▶ _EXERCISE DETAILS_: Show every line of the data where the word "bool" can be found.

[Records drawn from a dataset]
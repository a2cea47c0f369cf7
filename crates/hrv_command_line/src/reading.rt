//! The values and the options that words give a command.

ghost use Rattle.std.specs.Prelude.{◌≡◌, ◌∷◌, [], if◌then◌else◌, map, option_map, IfOk, OnOk, Some, None};
ghost use Rattle.clap.specs.Lexer.{long_of, name_and_value, strip_byte};
ghost use Rattle.clap.specs.Walk.{texts};
ghost use Rattle.hrv_command_line.specs.CommandLine.{nothing_given, with_choice, with_values};
ghost use Rattle.hrv_command_line.specs.CommandLine as spec;
ghost use Rattle.hrv_command_line.specs.Commands.{choice_of};
ghost use Rattle.hrv_command_line.specs.inner.Readings.{chosen_of, given_of, meaning_as};

use crate::table::{Choice, OptionKind};
use std::alloc::{AllocError, Global};

/// An option that is given, with its text: of a flag it is empty.
#[derive(Clone, Copy)]
pub(crate) struct Chosen<'a> {
    pub(crate) name: &'a str,
    pub(crate) text: &'a str,
}

/// What words give a command.
#[derive(Drop)]
pub(crate) struct Given<'a> {
    pub(crate) values: Vec<&'a str>,
    pub(crate) choices: Vec<Chosen<'a>>,
}

/// What a word is.
enum WordMeaning<'a> {
    /// The mark after which all words are values.
    Marks,
    /// A value.
    Gives,
    /// An option whose text is the next word.
    Awaits(&'a str),
    /// An option with its text.
    Chooses(Chosen<'a>),
    /// Nothing that the command has.
    Strays,
}

/// Reads what words give a command that has these options. There is nothing where the command hasn't all of them.
pub(crate) fn read_all<'a>(
    alloc: Global,
    choices: &[Choice<'_>],
    words: &[&'a str],
) -> Result<Option<Given<'a>>, AllocError>
    ensures { IfOk result (λ given. option_map given_of given
        ≡ spec.read (map choice_of choices.now) None (texts words.now) nothing_given) }
{
    let mut given = Given::new(alloc);
    if read(&mut given, choices, None, words)? {
        Ok(Some(given))
    } else {
        Ok(None)
    }
}

// Reads what words give, after an option that awaits its text or none, to what is given already. Answers whether the
// command has all of them.
fn read<'a>(
    given: &mut Given<'a>,
    choices: &[Choice<'_>],
    awaited: Option<&'a str>,
    words: &[&'a str],
) -> Result<bool, AllocError>
    ensures { IfOk result (λ is_whole. spec.read (map choice_of choices.now) (option_map (λ s. s.now) awaited.entry)
        (texts words.now) (given_of given.old) ≡ (if is_whole then Some (given_of given.new) else None)) }
{
    match words {
        [] => Ok(awaited.is_none()),
        [word, words @ ..] => match meaning_of(choices, awaited, word) {
            WordMeaning::Marks => {
                given.add_values(words)?;
                Ok(true)
            }
            WordMeaning::Gives => {
                given.add_value(word)?;
                read(given, choices, None, words)
            }
            WordMeaning::Awaits(name) => read(given, choices, Some(name), words),
            WordMeaning::Chooses(chosen) => {
                if text_of(chosen.name, given.choices.as_slice()).is_some() {
                    return Ok(false);
                }
                given.add_choice(chosen)?;
                read(given, choices, None, words)
            }
            WordMeaning::Strays => Ok(false),
        },
    }
}

impl<'a> Given<'a> {
    // Nothing yet.
    fn new(alloc: Global) -> Given<'a>
        ensures { given_of result ≡ nothing_given }
    {
        Given {
            values: Vec::new(alloc),
            choices: Vec::new(alloc),
        }
    }

    // Adds the values after the mark.
    fn add_values(&mut self, words: &[&'a str]) -> Result<(), AllocError>
        ensures { OnOk result (given_of self.new ≡ with_values (given_of self.old) (texts words.now)) }
    {
        self.values.extend_from_slice(words)
    }

    // Adds a value.
    fn add_value(&mut self, word: &'a str) -> Result<(), AllocError>
        ensures { OnOk result (given_of self.new ≡ with_values (given_of self.old) (word.now ∷ [])) }
    {
        self.values.push(word)?;
        Ok(())
    }

    // Adds an option.
    fn add_choice(&mut self, chosen: Chosen<'a>) -> Result<(), AllocError>
        ensures { OnOk result (given_of self.new
            ≡ with_choice (given_of self.old) chosen.entry.name.now chosen.entry.text.now) }
    {
        self.choices.push(chosen)?;
        Ok(())
    }
}

/// The text of an option, if it is given.
pub(crate) fn text_of<'a>(name: &str, choices: &[Chosen<'a>]) -> Option<&'a str>
    ensures { option_map (λ s. s.now) result ≡ spec.text_of name.now (map chosen_of choices.now) }
{
    match choices {
        [] => None,
        [choice, choices @ ..] => {
            if choice.name == name {
                Some(choice.text)
            } else {
                text_of(name, choices)
            }
        }
    }
}

// What a word is, after an option that awaits its text or none.
fn meaning_of<'a>(
    choices: &[Choice<'_>],
    awaited: Option<&'a str>,
    word: &'a str,
) -> WordMeaning<'a>
    ensures { meaning_as result
        ≡ spec.meaning_of (map choice_of choices.now) (option_map (λ s. s.now) awaited.entry) word.now }
{
    if let Some(name) = awaited {
        return text_or_stray(name, word);
    }
    if word == "--" {
        return WordMeaning::Marks;
    }
    match long_of(word) {
        Some((name, text)) => chosen_by(name, text, kind_named(name, choices)),
        None => value_or_stray(word),
    }
}

// A word after an option that awaits its text.
fn text_or_stray<'a>(name: &'a str, word: &'a str) -> WordMeaning<'a>
    ensures { meaning_as result ≡ (if spec.is_plain word.now then spec.Chooses name.now word.now
        else spec.Strays) }
{
    if is_plain(word) {
        WordMeaning::Chooses(Chosen { name, text: word })
    } else {
        WordMeaning::Strays
    }
}

// A word that is no option.
fn value_or_stray<'a>(word: &'a str) -> WordMeaning<'a>
    ensures { meaning_as result ≡ (if spec.is_plain word.now then spec.Gives else spec.Strays) }
{
    if is_plain(word) {
        WordMeaning::Gives
    } else {
        WordMeaning::Strays
    }
}

// What an option and the text in its word are, by the option's kind.
fn chosen_by<'a>(name: &'a str, text: Option<&'a str>, kind: Option<OptionKind>) -> WordMeaning<'a>
    ensures { meaning_as result ≡ spec.chosen_by name.now (option_map (λ s. s.now) text.entry) kind }
{
    match (kind, text) {
        (Some(OptionKind::Flag), None) => WordMeaning::Chooses(Chosen { name, text: "" }),
        (None, _) | (Some(OptionKind::Flag), Some(_)) => WordMeaning::Strays,
        (Some(_), None) => WordMeaning::Awaits(name),
        (Some(_), Some(text)) => WordMeaning::Chooses(Chosen { name, text }),
    }
}

// The kind of the option of a name.
fn kind_named(name: &str, choices: &[Choice<'_>]) -> Option<OptionKind>
    ensures { result ≡ spec.kind_named name.now (map choice_of choices.now) }
{
    match choices {
        [] => None,
        [choice, choices @ ..] => {
            if choice.name == name {
                Some(choice.kind)
            } else {
                kind_named(name, choices)
            }
        }
    }
}

// Whether a word is taken as it is.
fn is_plain(word: &str) -> bool
    ensures { result ≡ spec.is_plain word.now }
{
    match without_hyphen(word) {
        Some(_) => word == "-",
        None => true,
    }
}

// What follows a first hyphen.
fn without_hyphen(word: &str) -> Option<&str>
    ensures { option_map (λ s. s.now) result ≡ strip_byte 45 word.now }
{
    word.strip_prefix('-')
}

// The name and the text of `--name` or `--name=text`.
fn long_of(word: &str) -> Option<(&str, Option<&str>)>
    ensures { option_map (λ p. (p.0.now, option_map (λ s. s.now) p.1)) result ≡ long_of word.now }
{
    let rest = without_hyphen(without_hyphen(word)?)?;
    if rest.is_empty() {
        return None;
    }
    Some(name_and_text(rest))
}

// What is before the first `=`, and what is after it if there is one.
fn name_and_text(text: &str) -> (&str, Option<&str>)
    ensures { (result.0.now, option_map (λ s. s.now) result.1) ≡ name_and_value text.now }
{
    match text.split_once('=') {
        Some((name, text)) => (name, Some(text)),
        None => (text, None),
    }
}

▶ _OUTPUT_:
) -> Result<bool, AllocError>
fn is_plain(word: &str) -> bool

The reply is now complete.